Sparse Autoencoders Enable Scalable and Reliable Circuit Identification in Language Models

TL;DR

This work tackles scalable mechanistic interpretability for large language models by proposing discrete sparse autoencoders (SAEs) trained on task-specific positive and negative examples to identify circuits implemented by attention heads. By discretizing head activations into integer codes, the method directly flags heads and head-pairs that implement circuit-specific computations, enabling fast node-level and edge-level circuit identification with only 5–10 example prompts.
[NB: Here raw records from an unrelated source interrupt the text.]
//! Sets of bits: a vector combined with a slice, or turned over.

ghost use Rattle.std.specs.Prelude.{◌≡◌, ◌≤◌, ◌&&◌, ◌||◌, not, length, map};
ghost use Rattle.bitvec.specs.Digit.{exclusive_or};
ghost use Rattle.bitvec.specs.Memory.{zip_with};
ghost use Rattle.bitvec.specs.Place.{region_max_bits};
ghost use Rattle.bitvec_slice.specs.BitSlice.{slice_len, slice_bits};
ghost use Rattle.bitvec_vec.specs.Front.{front_of, words_for};

use crate::vec::BitVec;
use crate::vec::front::span_of_front;
use bitvec::mem::BitRegister;
use bitvec::order::BitOrder;
use bitvec::ptr::combine::{And, AndNot, Combine, Or, Xor};
use bitvec::ptr::span::BitSpan;
use bitvec_slice::slice::{BitSlice, BitSliceMut};
use std::alloc::Allocator;

// Combines the bits of a slice with the first `len` of some words.
fn combine_slice<C: Combine, R: BitRegister, O: BitOrder<R>, R2: BitRegister, O2: BitOrder<R2>>(
    words: &mut [R],
    len: usize,
    source: BitSlice<'_, R2, O2>,
)
    requires short { len ≤ region_max_bits }
    requires room { words_for R.BITS len ≤ length words.old }
    requires same { slice_len source ≡ len }
    ensures { let bits = front_of R.BITS O.at_of R.number len in bits words.new
        ≡ zip_with C.of (bits words.old) (slice_bits source.entry) }
{
    let span: BitSpan<R, O> = span_of_front(len);
    let mut bits = BitSliceMut::new_unchecked(span, words);
    bits.combine_from::<C, R2, O2>(source);
}

impl<R: BitRegister, O: BitOrder<R>, A: Allocator> BitVec<R, O, A> {
    ghost use Rattle.bitvec_vec.specs.BitVec.{vec_bits, bit_capacity};

    /// Combines the bits of a slice, of any register and order, with the vector's: each bit becomes
    /// what `C` makes of it and of the slice's bit of that number.
    ///
    /// Requires that the slice has the vector's length. By words where the positions of both orders
    /// rise or those of both fall, else by bits. Not in the Rust crate.
    ///
    /// # Examples
    ///
    /// ```
    /// let mut bits = BitVec::<u8, Msb0>::from_text(rt.alloc(), "001110")?;
    /// let memory = [0b010110u16];
    /// let span: BitSpan<u16, Lsb0> = BitSpan::at(0, 6).unwrap();
    /// let other = BitSlice::new(span, &memory).ok_or("outside")?;
    /// if bits.len() == other.len() {
    ///     bits.combine_from::<AndNot, u16, Lsb0>(other);
    /// }
    /// assert_eq!(rt; format!(in rt.alloc(); "{bits}")?.as_str(), "000100");
    /// ```
    pub fn combine_from<C: Combine, R2: BitRegister, O2: BitOrder<R2>>(
        &mut self,
        source: BitSlice<'_, R2, O2>,
    )
        requires { length (slice_bits source) ≡ length (vec_bits self.old) }
        ensures bits { vec_bits self.new
            ≡ zip_with C.of (vec_bits self.old) (slice_bits source.entry) }
        ensures capacity { bit_capacity self.new ≡ bit_capacity self.old }
    {
        combine_slice::<C, R, O, R2, O2>(self.words.as_mut_slice(), self.len, source);
    }

    /// Leaves set those bits whose bit in a slice is set: the intersection of two sets.
    ///
    /// Requires that the slice has the vector's length; it may be of any register and order. Costs
    /// as [`combine_from`](BitVec::combine_from) does. Not in the Rust crate, for `&=` between
    /// vectors of one length.
    ///
    /// # Examples
    ///
    /// ```
    /// let mut bits = BitVec::<u8, Lsb0>::from_text(rt.alloc(), "0011")?;
    /// let other = BitVec::<u32, Msb0>::from_text(rt.alloc(), "0101")?;
    /// if bits.len() == other.len() {
    ///     bits.and_from(other.as_bitslice());
    /// }
    /// assert_eq!(rt; format!(in rt.alloc(); "{bits}")?.as_str(), "0001");
    /// ```
    pub fn and_from<R2: BitRegister, O2: BitOrder<R2>>(&mut self, source: BitSlice<'_, R2, O2>)
        requires { length (slice_bits source) ≡ length (vec_bits self.old) }
        ensures bits { vec_bits self.new
            ≡ zip_with (λ t s. t && s) (vec_bits self.old) (slice_bits source.entry) }
        ensures capacity { bit_capacity self.new ≡ bit_capacity self.old }
    {
        self.combine_from::<And, R2, O2>(source);
    }

    /// Sets those bits whose bit in a slice is set: the union of two sets.
    ///
    /// Requires that the slice has the vector's length; it may be of any register and order. Costs
    /// as [`combine_from`](BitVec::combine_from) does. Not in the Rust crate, for `|=` between
    /// vectors of one length.
    pub fn or_from<R2: BitRegister, O2: BitOrder<R2>>(&mut self, source: BitSlice<'_, R2, O2>)
        requires { length (slice_bits source) ≡ length (vec_bits self.old) }
        ensures bits { vec_bits self.new
            ≡ zip_with (λ t s. t || s) (vec_bits self.old) (slice_bits source.entry) }
        ensures capacity { bit_capacity self.new ≡ bit_capacity self.old }
    {
        self.combine_from::<Or, R2, O2>(source);
    }

    /// Turns over those bits whose bit in a slice is set: the symmetric difference of two sets.
    ///
    /// Requires that the slice has the vector's length; it may be of any register and order. Costs
    /// as [`combine_from`](BitVec::combine_from) does. Not in the Rust crate, for `^=` between
    /// vectors of one length.
    pub fn xor_from<R2: BitRegister, O2: BitOrder<R2>>(&mut self, source: BitSlice<'_, R2, O2>)
        requires { length (slice_bits source) ≡ length (vec_bits self.old) }
        ensures bits { vec_bits self.new
            ≡ zip_with exclusive_or (vec_bits self.old) (slice_bits source.entry) }
        ensures capacity { bit_capacity self.new ≡ bit_capacity self.old }
    {
        self.combine_from::<Xor, R2, O2>(source);
    }

    /// Clears those bits whose bit in a slice is set: the difference of two sets.
    ///
    /// Requires that the slice has the vector's length; it may be of any register and order. Costs
    /// as [`combine_from`](BitVec::combine_from) does. Not in the Rust crate.
    pub fn and_not_from<R2: BitRegister, O2: BitOrder<R2>>(&mut self, source: BitSlice<'_, R2, O2>)
        requires { length (slice_bits source) ≡ length (vec_bits self.old) }
        ensures bits { vec_bits self.new
            ≡ zip_with (λ t s. t && not s) (vec_bits self.old) (slice_bits source.entry) }
        ensures capacity { bit_capacity self.new ≡ bit_capacity self.old }
    {
        self.combine_from::<AndNot, R2, O2>(source);
    }

    /// Turns each bit over, word by word. As `!` in the Rust crate, but in place.
    ///
    /// # Examples
    ///
    /// ```
    /// let mut bits = BitVec::<u8, Msb0>::from_text(rt.alloc(), "0011100111")?;
    /// bits.invert();
    /// assert_eq!(rt; format!(in rt.alloc(); "{bits}")?.as_str(), "1100011000");
    /// ```
    pub fn invert(&mut self)
        ensures bits { vec_bits self.new ≡ map not (vec_bits self.old) }
        ensures capacity { bit_capacity self.new ≡ bit_capacity self.old }
    {
        let span: BitSpan<R, O> = span_of_front(self.len);
        span.invert(self.words.as_mut_slice());
    }
}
Across IOI, Greater-than, and Docstring tasks, the SAE-based approach achieves higher or comparable precision and recall relative to state-of-the-art baselines while dramatically reducing runtime, and it remains robust to hyperparameter choices and dataset size. The identified circuits often match or exceed full-model performance on target metrics, demonstrating the potential for scalable, interpretable mechanistic analysis without extensive ablations or architectural changes.

Abstract

This paper introduces an efficient and robust method for discovering interpretable circuits in large language models using discrete sparse autoencoders. Our approach addresses key limitations of existing techniques, namely computational complexity and sensitivity to hyperparameters. We propose training sparse autoencoders on carefully designed positive and negative examples, where the model can only correctly predict the next token for the positive examples. We hypothesise that learned representations of attention head outputs will signal when a head is engaged in specific computations. By discretising the learned representations into integer codes and measuring the overlap between codes unique to positive examples for each head, we enable direct identification of attention heads involved in circuits without the need for expensive ablations or architectural modifications. On three well-studied tasks - indirect object identification, greater-than comparisons, and docstring completion - the proposed method achieves higher precision and recall in recovering ground-truth circuits compared to state-of-the-art baselines, while reducing runtime from hours to seconds. Notably, we require only 5-10 text examples for each task to learn robust representations. Our findings highlight the promise of discrete sparse autoencoders for scalable and efficient mechanistic interpretability, offering a new direction for analysing the inner workings of large language models.

Figures (36)

• Figure 1: After training the sparse autoencoder, we obtain discrete representations $\mathbf{z}$ by passing tensor $\mathbf{x}$ and taking the argmax over the feature dimension, obtaining an integer code for each head in each example in $\hat{\mathbf{z}}$. $b$ is the number of examples, $h$ is the number of heads, $d$ is the transformer hidden dimension and $n$ is the number of learned features. For node-level circuit identification, shown here, we compute the number of codes unique to positive examples per head, normalise with softmax, choose a threshold $\theta$, and identify a head as being in the circuit if it surpasses the threshold. For edge-level circuit identification, shown in Figure \ref{['fig:edge_method']}, we count the number of co-occurrences of codes between heads for the top-$k$ co-occurrences, and then again take the softmax and thresholding with $\theta$.
• Figure 2: Comparison of our method's performance against state-of-the-art circuit identification techniques (ACDC, HISP, and SP) on three well-studied transformer circuits: Docstring, Greater-than, and Indirect Object Identification (IOI). The bar plots show the average AUC (Area Under the ROC Curve) scores for each method, averaged across KL divergence and loss metrics, for both edge-level and node-level circuit identification. Error bars for Ours represent the standard deviation of AUC scores across 5 runs. Our method consistently outperforms or matches the performance of existing techniques across all tasks.
• Figure 3: Mean ROC AUC scores across different values of the number of SAE features and sparsity penalty $\lambda$.
• Figure 4: F1 score (node-level) for each dataset given a threshold $\theta$ for selecting a head's importance (after softmax). The optimal threshold is approximately the same for both IOI and Greater-than tasks.
• Figure 5: Faithfulness of our learned circuits, circuits from edge attribution patching (EAP), and randomly selected circuits of equivalent size for the (a) IOI and (b) Greater-than tasks. Our circuits quickly approach or surpass the full model's performance as attention heads are added in order of importance. We outperform or match the performance of EAP at all thresholds for all metrics. Faithfulness of 1 indicates complete agreement with the unablated model.